As of #288, semantic segmentation is doable using dlib. However, I suppose that having the information of the early layers directly available at the later layers should improve accuracy. I'm thinking of essentially DenseNet, or at least something similar.
Apparently some implementation exists already, but it's not public. To me it sounds like massive waste of time if we all implement our own thing, so would love the idea of (again) having a public(-domain) example, e.g. on top of #943.
@davisking, you indicated here that you'd be adding some implementation. Are you still planning to do this? If yes, then I'd prefer to wait for your implementation. If not, then I might try and see if I can contribute something myself, using the building blocks that dlib already offers.
I never ended up making a densenet layer.
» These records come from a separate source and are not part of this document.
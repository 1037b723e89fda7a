// 01, 'What each operation turns down': what a step examines. `state` is the state that the turn selects, `rows` are the rows of a step's table, 11 to 14;
// `arguments` are those that a step and a block examine alike, 1 to 5, 6, 7 and 11.
#![tactic(auto)]

pub mod arguments;
pub mod rows;
pub mod state;
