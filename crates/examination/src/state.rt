// 01, 'One step': the state that the turn selects of what is lent. Turn 0 means that the first string is newer, any other number the second.
ghost use Rattle.std.specs.Prelude.{◌≡◌};
ghost use Rattle.model.specs.Lending.{the_state, the_lent};
ghost use Rattle.model.specs.State.{state_of};

use model::{Finger, Lent, State};

// That of two strings, contact variables and finger.
pub fn state_at<'a>(
    turn: u32,
    first: &'a [i32],
    second: &'a [i32],
    contact: &'a [i32],
    finger: Finger,
) -> State<'a>
    ensures { the_state result ≡ state_of (record { first = first.now; second = second.now; contact = contact.now; turn = turn; finger = finger }) }
{
    if turn == 0 {
        State {
            newer: first,
            older: second,
            contact,
            finger,
        }
    } else {
        State {
            newer: second,
            older: first,
            contact,
            finger,
        }
    }
}

// That of what is lent.
pub fn state_of<'a>(lent: &'a Lent) -> State<'a>
    ensures { the_state result ≡ state_of (the_lent lent.now) }
{
    state_at(
        lent.turn,
        lent.first,
        lent.second,
        lent.contact,
        lent.finger,
    )
}
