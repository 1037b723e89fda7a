// Rows of a step's table of refusals, 11 to 14: each function answers whether its row is passed.
ghost use Rattle.std.specs.Prelude.{◌≡◌, [], ◌∷◌};
ghost use Rattle.model.specs.Lending.{the_state};
ghost use Rattle.model.specs.Ranges.{all, displacement_ok, contact_ok, force_ok};
ghost use Rattle.model.specs.Step.{state_ok};

use model::{Forces, State};
use ranges::numbers::{ContactVariable, Displacement, Force, Kind, all_hold};

// 11: the displacements, finger heights and contact variables that are passed in.
pub fn state_ok(state: State) -> bool
    ensures { result ≡ state_ok (the_state state.entry) }
{
    let height = Displacement::holds(state.finger.newer as i64);
    let older_height = Displacement::holds(state.finger.older as i64);
    let newer_string = all_hold::<Displacement>(state.newer);
    let older_string = all_hold::<Displacement>(state.older);
    let finger_contact = ContactVariable::holds(state.finger.contact as i64);
    let contacts = all_hold::<ContactVariable>(state.contact);
    (height & (older_height & (newer_string & older_string))) & (finger_contact & contacts)
}

// 12: the pluck force and the finger force.
pub fn forces_ok(forces: Forces) -> bool
    ensures { result ≡ all force_ok (forces.pluck ∷ forces.finger ∷ []) }
{
    let pluck = Force::holds(forces.pluck as i64);
    let finger = Force::holds(forces.finger as i64);
    pluck & finger
}

// 13: the finger's new height, and the new string.
pub fn new_string_ok(height: i64, string: &[i32]) -> bool
    ensures { result ≡ all displacement_ok (height ∷ string.now) }
{
    Displacement::holds(height) & all_hold::<Displacement>(string)
}

// 14: the finger's new contact variable, and the new contact variables.
pub fn new_contact_variables_ok(finger: i64, contact: &[i32]) -> bool
    ensures { result ≡ all contact_ok (finger ∷ contact.now) }
{
    ContactVariable::holds(finger) & all_hold::<ContactVariable>(contact)
}
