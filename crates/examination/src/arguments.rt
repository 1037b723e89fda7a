// 01, 'What each operation turns down': the arguments that a step and a block share. Setup and buffers, 1 to 5 and 6, and then neck and state, 7 and 11,
// whatever the turn.
ghost use Rattle.std.specs.Prelude.{◌≡◌, ℕ};
ghost use Rattle.laws.specs.Advance.{in_order};
ghost use Rattle.laws.specs.Call.{lent_with, buffer_rows, state_rows};
ghost use Rattle.model.specs.Lending.{the_neck, the_lent, the_state};
ghost use Rattle.model.specs.Refusal.{first_of, refusal_of};
ghost use Rattle.model.specs.State.{state_of};

use crate::rows::state_ok;
use model::refusal::Refusal;
use model::{Lent, Neck, Setup, State};
use ranges::lengths::lengths_ok;
use ranges::numbers::{Height, all_hold};
use setup::examine_setup;

// What is lent, to be looked at: the strings in the order in which they are lent.
pub fn in_order<'a>(lent: &'a Lent) -> State<'a>
    ensures { the_state result ≡ in_order (the_lent lent.now) }
{
    State {
        newer: lent.first,
        older: lent.second,
        contact: lent.contact,
        finger: lent.finger,
    }
}

// Their refusal, 1 to 5 or 6, if they have one. The strings are in the order in which they are lent.
pub fn examine_buffers(setup: Setup, neck: Neck, state: State) -> Result<(), Refusal>
    ensures { (turn : ℕ) → refusal_of result ≡ first_of (buffer_rows setup (the_neck neck.entry)
        (state_of (lent_with turn state.entry.finger state.entry.newer.now state.entry.older.now state.entry.contact.now))) }
{
    examine_setup(setup)?;
    let lengths = [
        neck.heights.len(),
        neck.stiffness.len(),
        state.newer.len(),
        state.older.len(),
        state.contact.len(),
    ];
    if !lengths_ok(setup, &lengths) {
        return Err(Refusal::BufferLength);
    }
    Ok(())
}

// Their refusal, 7 or 11, if they have one. The strings are in the order in which they are lent.
pub fn examine_state(heights: &[i32], state: State) -> Result<(), Refusal>
    ensures { (turn : ℕ) → refusal_of result ≡ first_of (state_rows heights.now
        (state_of (lent_with turn state.entry.finger state.entry.newer.now state.entry.older.now state.entry.contact.now))) }
{
    if !all_hold::<Height>(heights) {
        return Err(Refusal::Height);
    }
    if !state_ok(state) {
        return Err(Refusal::State);
    }
    Ok(())
}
I refactored some of dlib's code and the interface of the tensor_conv object so that it was possible to implement it though. So the remaining steps should be relatively easy (but still tedious since testing these kinds of things is always tedious).
But in any case, I think you should be able to make a layer that contains multiple tensor_conv objects.
I take it then that I can't use the concat layer to build a densenet?
Not efficiently. You should write a custom layer that does it.
Warning: this issue has been inactive for 131 days and will be automatically closed on 2018-09-07 if there is no further activity.
If you are waiting for a response but haven't received one it's likely your question is somehow inappropriate. E.g. you didn't follow the issue submission instructions, or your question is easily answerable by reading the FAQ, dlib's documentation, or a Google search.
Still relevant. Leaving this comment, so that the issue will not be automatically closed.
Indeed. I'm adding a tag that will prevent the issue bot from closing it.
Hi, just wanted to express my interest in this, has anything been implemented?
I am looking to use dlib to try to reproduce the u-net results.

If nothing has been worked on, I can try to take a look into it (I am new to the codebase, so will take me a while).
You should be able to define a new layer that represents a dense block.
You can probably do it using the tensor_conv object and not need to talk
directly do cudnn or anything like that.
@goldbattle I have implemented U-net, and already for a while I've been wanting to upgrade the semantic-segmentation example (see #943) to use it (even though the accuracy benefit may not be incredibly high). So stay tuned. (This got delayed because I wanted to try DenseNet also, but maybe I'll leave that to a separate PR, and try to expedite a U-net PR.)
@davisking For inference of arbitrary images, I found it necessary to add a new resize_to_prev layer which, well, resizes a tensor to have the size of an earlier layer. Otherwise I had an issue when first downscaling and then upscaling – the sizes simply did not match.
Just to clarify, I meant that using U-net might not improve the results of the PASCAL VOC 2012 dataset (used in #943) a lot. But on certain other data that I've tried it on (not public), it's pretty good (compared to something that doesn't have such skip connections, that is).
Makes sense, resize_to_prev sounds useful :)
Not efficiently. You should write a custom layer that does it.
Is this still relevant? I have implemented all the DenseNet architectures from the paper and ran a small benchmark against the official PyTorch implementation of DenseNet121 with a 1x3x224x224 input tensor:
| | inference | fps | #params | VRAM |
|:-------:|-----------|--------|-----------|---------|
| dlib | 12.282 ms | 81.417 | 7,897,960 | 534 MiB |
| PyTorch | 23.246 ms | 43.018 | 7,978,856 | 669 MiB |
As you can see, dlib implementation is almost as twice as fast as PyTorch and uses about 20% less RAM.
I know this is a simple test, but still, how much can we expect by implementing a custom layer?
_PS: Note how compact dlib is to define these networks. It's so satisfying..._
Great work @arrufat! 💪
From my point of view, your example implementation in dlib-users/dnn meets the definition-of-done criteria for this issue (although I didn't try it out just yet), so I'm closing this ticket now.
Indeed feature requests like this one could in the future go there instead?
Whoever needs a custom layer (for performance or other reasons) can create a new ticket. :)
Yeah, that’s a good way to do it.
Most helpful comment
@goldbattle I have implemented U-net, and already for a while I've been wanting to upgrade the semantic-segmentation example (see #943) to use it (even though the accuracy benefit may not be incredibly high). So stay tuned. (This got delayed because I wanted to try DenseNet also, but maybe I'll leave that to a separate PR, and try to expedite a U-net PR.)
@davisking For inference of arbitrary images, I found it necessary to add a new
resize_to_prevlayer which, well, resizes a tensor to have the size of an earlier layer. Otherwise I had an issue when first downscaling and then upscaling – the sizes simply did not match.